Dekade 1920-1930-an itu juga merupakan kejayaan industri gula di Jawa, yang menjadi nomor dua terbesar setelah Kuba, menggeser Brasil (G. Roger Knight, 2013). Namun, bersamaan dengan itu, wilayah Yogyakarta pun menjadi pusat gerakan protes dan pemogokan para pekerja pabrik dan petani tebu, yang menjadi miskin karena kehilangan tanah, serta adanya ketidakadilan upah antara pekerja Eropa atau Cina dengan pekerja bumi-putera (Selo Soemardjan, 1962; Djoko Utomo, 1983). Dekade itu pun menjadi ‘an age of strikes’, ‘sebuah zaman mogok’ (Takashi Shiraishi, 1990), yang di wilayah Yogyakarta digerakkan oleh Pahlawan Nasional, Raden Mas Soerjapranata (1871-1959), yang ‘digelari’ De Stakingskoning, ‘Raja Mogok’. Bersama dengan para buruh, melalui Personeel Fabrieks-Bond (Perserikatan Personel Pabrik), bangsawan Pakualaman ini banyak memimpin aksi mogok (Bambang Sukawati, 1983; I. Tedjasukmana, 2008).

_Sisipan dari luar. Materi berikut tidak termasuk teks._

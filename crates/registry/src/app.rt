// The public call: a registration, or its first fault.
ghost use Rattle.lists.specs.Starved.{OrStarved};
ghost use Rattle.std.specs.Prelude.{◌≡◌, [], option_map};
ghost use Rattle.serde_json.specs.View.{items_view, view};
ghost use Rattle.registry.specs.Apps.{app_in, app_of, functions_in, read_app, value_of, viewed};
ghost use Rattle.registry.specs.Functions.{function_of};
ghost use Rattle.registry.specs.Members.{found_or, read_behind};
ghost use Rattle.registry.specs.declared.fault.RegisterFault.TheVariants.{Memory, NotJson};

use crate::RegisterFault;
use crate::function::function_of;
use crate::part::{array_in, has_count, text_in};
use kinds::{App, Function};
use lists::{Bytes, Items};
use serde_json::Value;
use serde_json::error::Category;
use std::alloc::Global;

/// The greatest number of functions in a registration.
const MOST_FUNCTIONS: usize = 256;

/// Reads the body of a registration. It is refused whole, for its first fault.
#[tactic(auto, unfolding(crate::specs::Apps::read_app))]
pub fn read_app(alloc: Global, body: &[u8]) -> Result<App, RegisterFault>
    ensures { OrStarved Memory (read_app body.now) result }
{
    let value = value_of(alloc, body)?;
    app_of(alloc, &value)
}

/// The JSON value that a body is.
fn value_of(alloc: Global, body: &[u8]) -> Result<Value, RegisterFault>
    ensures { OrStarved Memory (found_or NotJson (value_of body.now)) (viewed result) }
{
    match Value::from_slice(alloc, body) {
        Ok(value) => Ok(value),
        Err(error) => match error.classify() {
            Category::Memory => Err(RegisterFault::Memory),
            _ => Err(RegisterFault::NotJson),
        },
    }
}

fn app_of(alloc: Global, value: &Value) -> Result<App, RegisterFault>
    ensures { OrStarved Memory (app_of (view value.now)) result }
{
    if !value.is_object() {
        return Err(RegisterFault::NotJson);
    }
    app_in(alloc, value)
}

#[tactic(auto, unfolding(crate::specs::Apps::app_in))]
fn app_in(alloc: Global, value: &Value) -> Result<App, RegisterFault>
    ensures { OrStarved Memory (app_in (view value.now)) result }
{
    let Some(name) = text_in(value, "appName") else {
        return Err(RegisterFault::NoAppName);
    };
    let Some(items) = functions_in(value) else {
        return Err(RegisterFault::NoFunctions);
    };
    let functions = functions_from(alloc, items)?;
    let name = Bytes::from_slice(alloc, name.as_bytes())?;
    Ok(App { name, functions })
}

/// The items of `functions`, where it is an array of at most 256.
fn functions_in(value: &Value) -> Option<&[Value]>
    ensures { option_map (λ items. items_view items.now) result ≡ functions_in (view value.now) }
{
    let items = array_in(value, "functions")?;
    if has_count(items, 0, MOST_FUNCTIONS) {
        Some(items)
    } else {
        None
    }
}

fn functions_from(alloc: Global, items: &[Value]) -> Result<Items<Function>, RegisterFault>
    ensures { OrStarved Memory (read_behind function_of [] (items_view items.now)) result }
{
    let mut functions = Items::new(alloc);
    for item in items {
        let function = function_of(alloc, functions.as_slice(), item)?;
        functions.push(function)?;
    }
    Ok(functions)
}
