//! `check`: whether a trace is legal.

ghost use Rattle.std.specs.Prelude.{◌≡◌, ◌≤◌, IfOk, None, Some};
ghost use Rattle.ldso_cli.specs.Check.{TraceComes};
ghost use Rattle.ldso_cli.specs.Checking.{IsJudgement};
ghost use Rattle.ldso_cli.specs.Command.{EndsBare, WordsAnswer};
ghost use Rattle.ldso_cli.specs.End.{bare};
ghost use Rattle.ldso_cli.specs.Outside.{library_at};
ghost use Rattle.ldso_cli.specs.Status.{legal_text, trace_refused_text, trace_word};
ghost use Rattle.ldso_cli.specs.declared.outcome.Cause.TheVariants.{Done, TraceRefused};

use crate::answer::{Answer, done, refused};
use crate::outcome::{Cause, End};
use cli_words::{Check, Command};
use ld_base::{Bytes, DlFault, Names};
use library_source::{Library, ReadError};
use std::alloc::{AllocError, Global};
use trace_check::{CheckFault, TraceCause, check_trace};

/// How many bytes a trace has at most: 8 MiB.
const MOST_BYTES: usize = 1 << 23;

/// Reads the trace at a path, and judges it. The library is handed back.
///
/// # Errors
///
/// Want of memory.
pub(crate) fn check<L: Library>(
    alloc: Global,
    command: Check,
    library: L,
) -> (Result<Answer, AllocError>, L)
    ensures answers { IfOk result.0 (λ answer. WordsAnswer (Some (Command.Check command)) (library_at L.files L.faults L.misses library)
        (library_at L.files L.faults L.misses result.1) answer.end answer.text) }

    // What the library is left as.
    ensures files { L.files result.1 ≡ L.files library }
    ensures faults { L.faults library ≤ L.faults result.1 }
    ensures misses { L.misses library ≤ L.misses result.1 }
{
    let Check {
        folders,
        trace: path,
    } = command;
    let mut library = library;
    match library.read(path.as_bytes()) {
        Ok(trace) => of_trace(alloc, &folders, trace.as_slice(), library),
        Err(ReadError::Missing) => (refused(alloc, DlFault::MissingLibrary(path)), library),
        Err(ReadError::Failed) => (refused(alloc, DlFault::ReadFault(path)), library),
        Err(ReadError::Memory) => (Err(AllocError), library),
    }
}

/// The answer of a trace.
fn of_trace<L: Library>(
    alloc: Global,
    folders: &Names,
    trace: &[u8],
    library: L,
) -> (Result<Answer, AllocError>, L)
    ensures comes { IfOk result.0 (λ answer. EndsBare (λ cause. TraceComes folders.now (library_at L.files L.faults L.misses library)
        (library_at L.files L.faults L.misses result.1) trace.now cause answer.text) answer.end) }
    ensures files { L.files result.1 ≡ L.files library }
    ensures faults { L.faults library ≤ L.faults result.1 }
    ensures misses { L.misses library ≤ L.misses result.1 }
{
    if trace.len() > MOST_BYTES {
        return (trace_refused(alloc, 0, None), library);
    }
    let (judged, library) = check_trace(alloc, trace, folders, library);
    (judgement(alloc, judged), library)
}

/// The answer of a trace that is judged so.
fn judgement(alloc: Global, judged: Result<u64, CheckFault>) -> Result<Answer, AllocError>
    ensures { IfOk result (λ answer. IsJudgement judged answer.end answer.text) }
{
    match judged {
        Ok(count) => legal(alloc, count),
        Err(CheckFault::At(line, cause)) => trace_refused(alloc, line, Some(cause)),
        Err(CheckFault::ReadFault(path)) => refused(alloc, DlFault::ReadFault(path)),
        Err(CheckFault::Memory) => Err(AllocError),
    }
}

/// The answer of a legal trace of so many events.
#[tactic(auto, unfolding(crate::specs::Status::legal_text))]
fn legal(alloc: Global, count: u64) -> Result<Answer, AllocError>
    ensures end { IfOk result (λ answer. answer.end ≡ bare Done) }
    ensures text { IfOk result (λ answer. answer.text ≡ legal_text count) }
{
    let text = format!(in alloc; "end 0 legal {count}\n")?;
    Ok(done(text))
}

/// The word of a cause for which a trace is refused; without one it is too long.
fn trace_word(cause: Option<TraceCause>) -> &'static str
    ensures { result.now ≡ trace_word cause }
{
    match cause {
        Some(TraceCause::NotALine) => "not-a-line",
        Some(TraceCause::Illegal) => "illegal",
        Some(TraceCause::NotWhole) => "not-whole",
        Some(TraceCause::NoEnd) => "no-end",
        None => "too-long",
    }
}

/// The answer of a trace that is refused.
#[tactic(auto, unfolding(crate::specs::Status::trace_refused_text))]
fn trace_refused(alloc: Global, line: u64, cause: Option<TraceCause>) -> Result<Answer, AllocError>
    ensures end { IfOk result (λ answer. answer.end ≡ bare (TraceRefused line cause)) }
    ensures text { IfOk result (λ answer. answer.text ≡ trace_refused_text line cause) }
{
    let word = trace_word(cause);
    let text = format!(in alloc; "end 117 trace {line} {word}\n")?;
    Ok(Answer {
        end: End::bare(Cause::TraceRefused(line, cause)),
        text: Bytes::from(text.into_bytes()),
    })
}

Inilah gambaran ‘tanah penuh semak duri’ yang ditemui oleh para imam perintis paroki Sedayu: perbedaan dan diskriminasi antar kelas, kecurigaan dan kebencian rakyat dengan ‘orang kulit putih’—yang sudah dirasakan oleh Rm. JB Palinckx SJ pada medio abad ke-19–, eksploatasi fisik, kemelaratan fisik dan rohani, serta tidak adanya pendidikan. Lalu, apa yang mereka lakukan?

 Dari Pendidikan ke Kunjungan Pastoral  

Pendekatan pertama kepada masyarakat Sedayu dilakukan oleh RP. Reksoatmadja SJ. pada 1923, yang datang dari Yogyakarta. Baru pada th. 1925, ia bersama Romo Strater, SJ, dan seorang kategis Jawa, Joseph Poerwodiwiryo, mulai memberi pelajaran agama Katolik kepada warga; jumlah muridnya 25 orang (lih. Sejarah Gereja Sedayu dalam https://parokisedayu.org/profil.php?id=1).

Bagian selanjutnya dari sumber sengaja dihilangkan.